Original languageEnglish
Article number9099047
Pages (from-to)4458-4468
Journal / PublicationIEEE Transactions on Industrial Informatics
Volume17
Issue number7
Online published22 May 2020
Publication statusPublished - Jul 2021

Abstract

The received signal strength (RSS) fingerprint-based approaches are widely used for indoor location-based services. The emerging Long Range Wide Area Network (LoRaWAN) is a cost-effective solution for indoor latency-tolerant location-based services attributed to its long-range property. In general, there are serious RSS fluctuations due to fadings along the communication path, thus significantly jeopardizing the localization accuracy. To overcome the challenge, we propose the extreme RSS to stabilize the fingerprint database and formulate boundary autocorrelation to downsize tremendously the searching complexity and thus proliferating localization accuracy. In essence, the RSS fluctuations are modeled as a Bernoulli random process so that the RSS stability can be estimated by a newly defined fluctuation analytic function. To mitigate the impact of the perturbative fluctuation, the extreme RSS is further defined to cultivate a highly stable and robust fingerprint database which withstand environmental dynamics. In addition, boundary autocorrelation is developed to measure and compare the similarity between the measured RSS values versus the prestored fingerprint database.

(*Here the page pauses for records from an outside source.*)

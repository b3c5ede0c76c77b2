//! Why an achievement did not unlock: an achievement over a memory, with the account of its frames, and its text.
#![tactic(auto)]

mod alt_lines;
mod condition_lines;
mod group_lines;
mod kept;
mod lines;
mod room;
mod showing;
mod sides;
mod taking;
mod watcher;
mod whole;

pub use kept::Kept;
pub use room::Room;
pub use taking::{Taken, take_record};
pub use watcher::Watcher;
pub use whole::account_text;
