//! What a save slot keeps.

ghost use Rattle.std.specs.Prelude.{◌≡◌, ◌++◌, IfOk};
ghost use Rattle.std.specs.Result.{OnOk};
ghost use Rattle.ra_text.specs.Words.{words};
ghost use Rattle.ra_member.specs.MemberRuns.{FitWords};
ghost use Rattle.ra_why.specs.Watching.{IsKeptOf};

use ra_account::TriggerAccount;
use ra_member::TriggerRun;
use ra_memref::Table;
use ra_text::{OutOfMemory, write_words};
use ra_trigger::State;
use std::alloc::Global;

/// What a slot keeps of an achievement, with the account of its history.
#[derive(Drop)]
pub struct Kept {
    /// The state.
    pub state: State,
    /// The measured number.
    pub measured: u32,
    /// Four bytes for each condition.
    pub hits: Vec<u8>,
    /// Four bytes for each cell, and then for each tracked mask.
    pub numbers: Vec<u8>,
    /// The account of the frames so far.
    pub account: TriggerAccount,
}

impl Kept {
    // Keeps what a table and an achievement have, and a copy of an account.
    pub(crate) fn new(
        alloc: Global,
        table: &Table,
        run: &TriggerRun,
        account: &TriggerAccount,
    ) -> Result<Kept, OutOfMemory>
        ensures { IfOk result (IsKeptOf table.now run.now.trigger account.now) }
    {
        let mut hits = Vec::new(alloc);
        put_words(&mut hits, run.trigger.hits())?;
        let mut numbers = Vec::new(alloc);
        put_words(&mut numbers, table.cells())?;
        put_words(&mut numbers, table.priors())?;
        let account = account.copy(alloc)?;
        Ok(Kept {
            state: run.trigger.state(),
            measured: run.trigger.measured(),
            hits,
            numbers,
            account,
        })
    }
}

// Puts numbers as words after the bytes.
fn put_words(bytes: &mut Vec<u8>, numbers: &[u32]) -> Result<(), OutOfMemory>
    ensures words { OnOk result (bytes.new.items ≡ bytes.old.items ++ words numbers.now) }
    ensures fit { FitWords numbers.now }
{
    write_words(bytes, numbers)
}
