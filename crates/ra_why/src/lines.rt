//! The lines of conditions and of groups.

ghost use Rattle.std.specs.Prelude.{◌≡◌, All, ◌+◌, ◌++◌, ◌<◌, ◌≤◌, ◌^◌, ℕ, List, length, map, sum_by, codes, string_bytes, [], ◌∷◌, IfOk, OnOk};
ghost use Rattle.ra_account.specs.Groups.{AllFit, AllGroupsStandAt, AreGroupAccounts, GroupRow, GroupStandsAt, IsGroupAccount};
ghost use Rattle.ra_account.specs.Marks.{IsSound};
ghost use Rattle.ra_account.specs.Text.{account_text, told_by};
ghost use Rattle.ra_condition.specs.Canonical.{condition_text};
ghost use Rattle.ra_condition.specs.Contents.{group_contents};
ghost use Rattle.ra_condition.specs.Spelled.{IsCondition, IsTriggerGroup};
ghost use Rattle.ra_condition.specs.declared.setting.Setting.TheVariants.{InTrigger};
ghost use Rattle.ra_why.specs.Text as spec;

use crate::alt_lines::AltLines;
use crate::condition_lines::ConditionLines;
use crate::group_lines::GroupLines;
use ra_account::{ConditionAccount, GroupAccount, write_account};
use ra_condition::{Condition, Group, TriggerText, print_trigger};
use ra_text::OutOfMemory;
use std::alloc::{AllocError, Global};
use std::fmt::Write;

// The group and the place of a condition.
pub(crate) fn write_place(text: &mut String, group: usize, place: usize) -> Result<(), AllocError>
    ensures { OnOk result (string_bytes text.new ≡ string_bytes text.old ++ spec.place_text group place) }
{
    write!(text, "{group}.{place}")
}

// The canonical text of a condition, after the bytes.
fn put_condition(
    alloc: Global,
    text: &mut Vec<u8>,
    condition: &Condition,
) -> Result<(), OutOfMemory>
    requires { IsCondition InTrigger condition.now }
    ensures { OnOk result (text.new.items ≡ text.old.items ++ condition_text condition.now) }
{
    let mut conditions = Vec::new(alloc);
    conditions.push(*condition)?;
    let single = TriggerText {
        core: Group { conditions },
        alts: Vec::new(alloc),
    };
    let canonical = print_trigger(alloc, &single)?;
    text.extend_from_slice(&canonical)?;
    Ok(())
}

// What stands before the canonical text of a condition.
fn before(alloc: Global, group: usize, place: usize) -> Result<String, OutOfMemory>
    ensures { IfOk result (λ line. string_bytes line ≡ spec.place_text group place ++ codes " ") }
{
    let mut line = String::new(alloc);
    write_place(&mut line, group, place)?;
    line.push_str(" ")?;
    Ok(line)
}

// What follows it.
fn behind(
    alloc: Global,
    condition: &Condition,
    hits: u32,
    frames: u64,
    account: &ConditionAccount,
) -> Result<String, OutOfMemory>
    requires { IsSound account.now.columns }
    ensures { IfOk result (λ lines. string_bytes lines
        ≡ codes "\n" ++ account_text condition.now hits frames (told_by account.now)) }
{
    let mut lines = String::new(alloc);
    lines.push_str("\n")?;
    write_account(&mut lines, condition, hits, frames, account)?;
    Ok(lines)
}

// The lines of a condition.
fn put_lines(
    alloc: Global,
    text: &mut Vec<u8>,
    told: &ConditionLines<'_>,
    account: &ConditionAccount,
) -> Result<(), OutOfMemory>
    requires spelled { IsCondition InTrigger told.now.condition.now }
    requires sound { IsSound account.now.columns }
    ensures { OnOk result (text.new.items ≡ text.old.items ++ spec.condition_lines told.now.group told.now.place
        told.now.condition.now told.now.hits told.now.frames (told_by account.now)) }
{
    let first = before(alloc, told.group, told.place)?;
    text.extend_from_slice(first.as_bytes())?;
    put_condition(alloc, text, told.condition)?;
    let rest = behind(alloc, told.condition, told.hits, told.frames, account)?;
    text.extend_from_slice(rest.as_bytes())?;
    Ok(())
}

// The lines of a group's conditions.
pub(crate) fn put_group(
    alloc: Global,
    text: &mut Vec<u8>,
    told: &GroupLines<'_>,
    account: &GroupAccount,
) -> Result<(), OutOfMemory>
    requires spelled { IsTriggerGroup (group_contents told.now.group.now) }
    requires accounts { length account.now.conditions.items ≡ length (group_contents told.now.group.now) }
    requires hits { length told.now.hits.now ≡ length (group_contents told.now.group.now) }
    requires stands { GroupStandsAt told.now.frames account.now }
    requires few { told.now.frames < 2 ^ 60 }
    ensures { (size : ℕ) (rows : List GroupRow)
        → IsGroupAccount (group_contents told.now.group.now) size rows account.now
        → OnOk result (text.new.items ≡ text.old.items
        ++ spec.group_lines told.now.number (group_contents told.now.group.now) told.now.hits.now told.now.frames size rows) }
{
    for place in 0..told.group.conditions.len() {
        let own = account.conditions[place].told(alloc, told.frames)?;
        let lines = ConditionLines {
            group: told.number,
            place,
            condition: &told.group.conditions[place],
            hits: told.hits[place],
            frames: told.frames,
        };
        put_lines(alloc, text, &lines, &own)?;
    }
    Ok(())
}

// The lines of the alt groups.
pub(crate) fn put_alts(
    alloc: Global,
    text: &mut Vec<u8>,
    told: &AltLines<'_>,
    accounts: &[GroupAccount],
) -> Result<(), OutOfMemory>
    requires spelled { All IsTriggerGroup (map group_contents told.now.groups.now) }
    requires many { length accounts.now ≡ length told.now.groups.now }
    requires fit { AllFit (map group_contents told.now.groups.now) accounts.now }
    requires stand { AllGroupsStandAt told.now.frames accounts.now }
    requires few { told.now.frames < 2 ^ 60 }
    requires within { told.now.from + sum_by length (map group_contents told.now.groups.now) ≤ length told.now.hits.now }
    ensures { (size : ℕ) (rows : List GroupRow)
        → AreGroupAccounts (map group_contents told.now.groups.now) told.now.from size rows accounts.now
        → OnOk result (text.new.items ≡ text.old.items ++ spec.groups_lines 1 told.now.from
        (map group_contents told.now.groups.now) told.now.hits.now told.now.frames size rows) }
{
    let groups = told.groups;
    let mut start = told.from;
    for place in 0..groups.len() {
        let group = &groups[place];
        let end = start + group.conditions.len();
        let lines = GroupLines {
            number: place + 1,
            group,
            hits: &told.hits[start..end],
            frames: told.frames,
        };
        put_group(alloc, text, &lines, &accounts[place])?;
        start = end;
    }
    Ok(())
}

RSS values with low autocorrelation coefficients are eradicated from the typically lengthy searching. The downsized complexity significantly improves the localization accuracy. Experiments were carried out and the results revealed that the proposed method achieved sub-10-meter localization accuracy in indoor environments. Such accuracy is encouraging and superior in contemporary LoRaWAN measurements.

Research Area(s)

  • Autocorrelation, extreme received signal strength (RSS), fingerprint, indoor localization, long range wide area network (LoRaWAN)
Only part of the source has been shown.